= Aging with Dignity =

Non-profit in Florida, United States

Aging with Dignity logo with tagline

Aging with Dignity is a national non-profit organization based in Tallahassee, Florida. The stated mission of Aging with Dignity is to "honor the God-given human dignity of the most vulnerable among us". The primary focus of Aging with Dignity is to improve end-of-life care by encouraging people to make medical decisions in advance of a serious illness.

==History==

Aging with Dignity was founded in 1996 by Jim Towey, who was inspired by his twelve years of work as legal counsel for Mother Teresa of Calcutta. Founding advisory board members include former Florida Governors Lawton Chiles, Jeb Bush, and Bob Graham, Assistant Secretary on Aging Josefina Carbonell and US Senator Bill Nelson among others. Initial support was provided by the Claude Pepper Foundation, the Harry & Jeannette Weinberg Foundation, and the Robert Wood Johnson Foundation.

==Leadership==

In addition to founding Aging with Dignity, Jim Towey served as President until his appointment in 2002 as director of the White House Office of Faith-Based and Community Initiatives. He was succeeded by current President Paul Malley.

==Projects==
===Five Wishes===
Five Wishes is a national advance directive that meets the legal requirements in 44 States and the District of Columbia. A Florida-only version was introduced in 1997, followed by a national version in 1998. An online version called Five Wishes Online was introduced in April 2011 allowing users to complete the document using an online interface or print out a blank version to complete by hand. More than 35 million documents are in circulation, distributed by more than 35,000 organizations worldwide. The document combines two legal documents, a living will and health care power of attorney in addition to addressing matters of comfort care, spirituality, forgiveness, and final wishes.

===Translations===
Five Wishes has been translated into 29 different languages: Albanian, Arabic, Armenian, Bengali, Chinese Traditional, Chinese Simplified, Croatian, French, German, Gujarati, Haitian Creole, Hebrew, Hindi, Hmong, Ilocano, Italian, Japanese, Khmer, Korean, Persian, Polish, Portuguese, Punjabi, Russian, Somali, Spanish, Tagalog, Urdu, and Vietnamese.

===Voicing My Choices===
Voicing My Choices is a planning guide for adolescents and young adults. It seeks to helps young people living with a serious illness to communicate their preferences to friends, family and caregivers.

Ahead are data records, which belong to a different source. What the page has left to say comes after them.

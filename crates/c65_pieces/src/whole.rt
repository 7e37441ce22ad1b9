// The tokens of a whole text, however it was cut.
ghost use Rattle.std.specs.Prelude.{◌≡◌, ℕ, List, [], Bool};
ghost use Rattle.c65_lex.specs.Cells.{Cell, cells};
ghost use Rattle.c65_lex.specs.Next.{Next, IsNext, ended};
ghost use Rattle.c65_lex.specs.Text.{IsText, allows_header, nothing};
ghost use Rattle.c65_pieces.specs.Pieces.{Pieces, nothing_given, ahead_of};
ghost use Rattle.c65_pieces.specs.Runs.{Event, Run, AreReadByLines, bytes_given, tokens_taken, before_after};
ghost use Rattle.c65_pieces.specs.Lines.{IsNextByLines};

/// The tokens that are taken from a new lexer up to its end are those of all bytes that were given,
/// in whichever pieces they came.
pub fn anyhow_cut()
    ensures { (file : ℕ) (events : List Event) (last : Pieces) → Run IsNext nothing (nothing_given file) events last
        → IsNext (allows_header (before_after nothing events)) (ahead_of last []) ended
        → IsText (bytes_given events) (tokens_taken events) }
{}

/// The tokens that are taken, and what comes behind them, the refusal of a line that is too long too,
/// are those of all bytes that were given, read line by line, in whichever pieces they came; and a
/// text has one token, end or refusal at most there.
pub fn anyhow_cut_by_lines()
    ensures read { (file : ℕ) (events : List Event) (last : Pieces) (next : Next) → Run IsNextByLines nothing (nothing_given file) events last
        → IsNextByLines (allows_header (before_after nothing events)) (ahead_of last []) next
        → AreReadByLines nothing (cells 1 0 (bytes_given events)) (tokens_taken events) next }
    ensures one { (header : Bool) (text : List Cell) (a b : Next) → IsNextByLines header text a → IsNextByLines header text b → a ≡ b }
{}
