//! The grammar of C90 6.3 to 6.7: which tokens a tree has, and the scope behind them.
#![tactic(auto)]
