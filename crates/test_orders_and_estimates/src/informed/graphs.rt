//! All graphs of three nodes with at most four edges of costs up to 2, against plain programs.

use crate::informed::listed::{Call, Edge, Task, all_cost, entry, searched};
use crate::informed::seen::Lists;
use std::alloc::Global;
use test_allocator::Refusing;

/// What stands for a cost where there is no way.
const NONE: u8 = 9;

/// How many edges there are between three nodes at costs up to 2, and one choice more, of none.
const CHOICES: usize = 28;

/// The edge of a choice. Of no edge it is one from node 2 to itself.
fn edge_of(choice: usize) -> Edge {
    match choice.checked_sub(1) {
        Some(edge) => (edge / 3 % 3, edge / 9 % 3, (edge % 3) as u8),
        None => (2, 2, 0),
    }
}

/// Whether two choices stand in rising order, or are none both.
fn are_rising(low: usize, high: usize) -> bool {
    low < high || low == 0 && high == 0
}

/// The edges of four choices, or `None` where these do not stand in rising order.
fn graph_of(choices: usize) -> Option<[Edge; 4]> {
    let (a, b) = (choices % CHOICES, choices / CHOICES % CHOICES);
    let rest = choices / CHOICES / CHOICES;
    let (c, d) = (rest % CHOICES, rest / CHOICES);
    if are_rising(a, b) && are_rising(b, c) && are_rising(c, d) {
        Some([edge_of(a), edge_of(b), edge_of(c), edge_of(d)])
    } else {
        None
    }
}

/// What the way from each of three nodes to node 2 costs at least, by trying all edges three times.
fn remaining(edges: &[Edge]) -> [u8; 3] {
    let mut costs = [NONE, NONE, 0];
    for _ in 0..3 {
        for edge in edges {
            let through = edge.2.saturating_add(entry(&costs, edge.1));
            if edge.0 < 3 && through < costs[edge.0] {
                costs[edge.0] = through;
            }
        }
    }
    costs
}

/// What the cheapest edge from one node to another costs, or `NONE`.
fn direct(edges: &[Edge], from: usize, to: usize) -> u8 {
    let mut cost = NONE;
    for edge in edges {
        if edge.0 == from && edge.1 == to && edge.2 < cost {
            cost = edge.2;
        }
    }
    cost
}

/// Whether a search answers these paths at this cost, or none where there is no way.
fn are_paths(ample: Global, task: &Task<'_>, paths: Lists<'_>, cost: u8) -> bool {
    let heap = Refusing::new(ample);
    let answer = searched(&heap, ample, Call::Gathered, task, paths);
    if cost < NONE {
        answer == Some(Ok(Some((cost, paths.len(), true))))
    } else {
        answer == Some(Ok(None))
    }
}

/// Whether a search answers the cheaper of two lists of nodes, both where they cost alike, or none
/// where there is no way by either.
fn is_cheaper(
    ample: Global,
    task: &Task<'_>,
    first: (&[usize], u8),
    second: (&[usize], u8),
) -> bool {
    let (nodes, cost) = first;
    let (others, other) = second;
    if cost < other {
        are_paths(ample, task, &[nodes], cost)
    } else if other < cost {
        are_paths(ample, task, &[others], other)
    } else {
        are_paths(ample, task, &[nodes, others], cost)
    }
}

/// Whether the cheapest paths from 0 to 2 are those of a plain program, which tries both clean paths
/// that there can be.
fn paths_to_last(ample: Global, task: &Task<'_>) -> bool {
    let over = direct(task.edges, 0, 1).saturating_add(direct(task.edges, 1, 2));
    is_cheaper(
        ample,
        task,
        (&[0, 2], direct(task.edges, 0, 2)),
        (&[0, 1, 2], over),
    )
}

/// The same from 0 to the first of 1 and 2.
fn paths_to_either(ample: Global, edges: &[Edge]) -> bool {
    let task = Task {
        edges,
        from: 0,
        goals: (1, 2),
        estimates: &[],
        bounds: &[],
    };
    is_cheaper(
        ample,
        &task,
        (&[0, 1], direct(edges, 0, 1)),
        (&[0, 2], direct(edges, 0, 2)),
    )
}

/// Whether the searches from 0 to 2 are right, led by these estimates.
fn agree_by(ample: Global, edges: &[Edge], estimates: &[u8], costs: &[u8; 3]) -> bool {
    let task = Task {
        edges,
        from: 0,
        goals: (2, 2),
        estimates,
        bounds: costs,
    };
    let cost = if costs[0] < NONE {
        Some(costs[0])
    } else {
        None
    };
    all_cost(&Refusing::new(ample), ample, &task, cost) && paths_to_last(ample, &task)
}

/// Whether the three searches and all cheapest paths are right, under every admissible estimate up to 2.
fn agree(ample: Global, edges: &[Edge]) -> bool {
    let costs = remaining(edges);
    for choice in 0..9u8 {
        let estimates = [choice % 3, choice / 3];
        if estimates[0] <= costs[0]
            && estimates[1] <= costs[1]
            && !agree_by(ample, edges, &estimates, &costs)
        {
            return false;
        }
    }
    paths_to_either(ample, edges)
}

#[test]
fn small_graphs_agree_with_plain_programs(rt: HostRuntime) {
    for choices in 0..CHOICES * CHOICES * CHOICES * CHOICES {
        if let Some(edges) = graph_of(choices) {
            assert!(rt; agree(rt.alloc(), &edges), "choices {choices}");
        }
    }
}
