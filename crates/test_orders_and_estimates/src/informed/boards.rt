//! Boards of 8 by 8 heights, over the numbers of their cells, against a plain program.

use crate::informed::listed::{Call, Edge, Task, all_cost, searched};
use std::alloc::Global;
use test_allocator::Refusing;

/// The cells of a board of 8 by 8.
const CELLS: usize = 64;

/// The greatest height that is entered.
const BOUND: u8 = 6;

/// The cells beside one on a board of 8 by 8, or the cell itself beyond an edge.
fn beside(cell: usize) -> [usize; 4] {
    [
        if cell % 8 < 7 && cell < CELLS {
            cell + 1
        } else {
            cell
        },
        if cell < CELLS - 8 { cell + 8 } else { cell },
        if cell % 8 > 0 { cell - 1 } else { cell },
        if cell >= 8 { cell - 8 } else { cell },
    ]
}

/// How many steps lead from the first cell to the last, or `CELLS` where none do, by trying all steps
/// from all cells as often as there are cells.
fn steps_to_last(heights: &[u8; 64]) -> usize {
    let mut steps = [CELLS; 64];
    steps[0] = 0;
    for _ in 0..CELLS {
        for cell in 0..CELLS {
            for next in beside(cell) {
                if next < CELLS
                    && heights[next] <= BOUND
                    && steps[cell] < CELLS
                    && steps[cell] + 1 < steps[next]
                {
                    steps[next] = steps[cell] + 1;
                }
            }
        }
    }
    steps[63]
}

/// Whether the searches, led by the Manhattan distance, take this many steps from the first cell to
/// the last, or find no way where there are `CELLS`. There `idastar` would go along every path, and is
/// left out.
fn agree(ample: Global, heights: &[u8; 64], steps: usize) -> bool {
    let mut edges: [Edge; 4 * CELLS] = [(63, 63, 1); 4 * CELLS];
    let mut distances = [0u8; 64];
    for cell in 0..CELLS {
        distances[cell] = 14 - (cell / 8 + cell % 8) as u8;
        for (turn, next) in beside(cell).into_iter().enumerate() {
            if turn < 4 && next < CELLS && heights[next] <= BOUND {
                edges[4 * cell + turn] = (cell, next, 1);
            }
        }
    }
    let task = Task {
        edges: &edges,
        from: 0,
        goals: (63, 63),
        estimates: &distances,
        bounds: &distances,
    };
    let heap = Refusing::new(ample);
    if steps < CELLS {
        all_cost(&heap, ample, &task, Some(steps as u8))
    } else {
        let by_astar = searched(&heap, ample, Call::Astar, &task, &[]);
        by_astar == Some(Ok(None)) && searched(&heap, ample, Call::Fringe, &task, &[]) == by_astar
    }
}

#[test]
fn searches_take_as_many_steps_as_a_plain_program(rt: HostRuntime) {
    let mut state = 1u64;
    let mut ways = 0u32;
    for board in 0..100u32 {
        let mut heights = [0u8; 64];
        for cell in 1..63 {
            state = state
                .wrapping_mul(6364136223846793005)
                .wrapping_add(1442695040888963407);
            heights[cell] = 1 + ((state >> 33) % 9) as u8;
        }
        let steps = steps_to_last(&heights);
        if steps < CELLS {
            ways = ways.saturating_add(1);
        }
        assert!(rt; agree(rt.alloc(), &heights, steps), "board {board}");
    }
    assert!(rt; ways == 44);
}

The document was developed by researchers at the Pediatric Oncology Branch, National Cancer Institute and the National Institute of Mental Health at the National Institutes of Health.

===My Wishes===
My Wishes is a pediatric document that helps children communicate how they want to be treated if they become very sick. Based on Five Wishes and developed by child life professionals, My Wishes was introduced nationally in May 2006. The document seeks to empower children to make their wishes known, and to facilitate communication with family and health care providers. The My Wishes document is also available in Spanish (Mis Deseos).

===Hope Today===
The Hope Today Project is a pilot project serving residents of Franklin and Wakulla counties in Northern Florida. The stated mission of Hope Today is to build networks of support to locate and care for seniors and disabled individuals living alone. The program is intended to serve as a model for replication in other communities.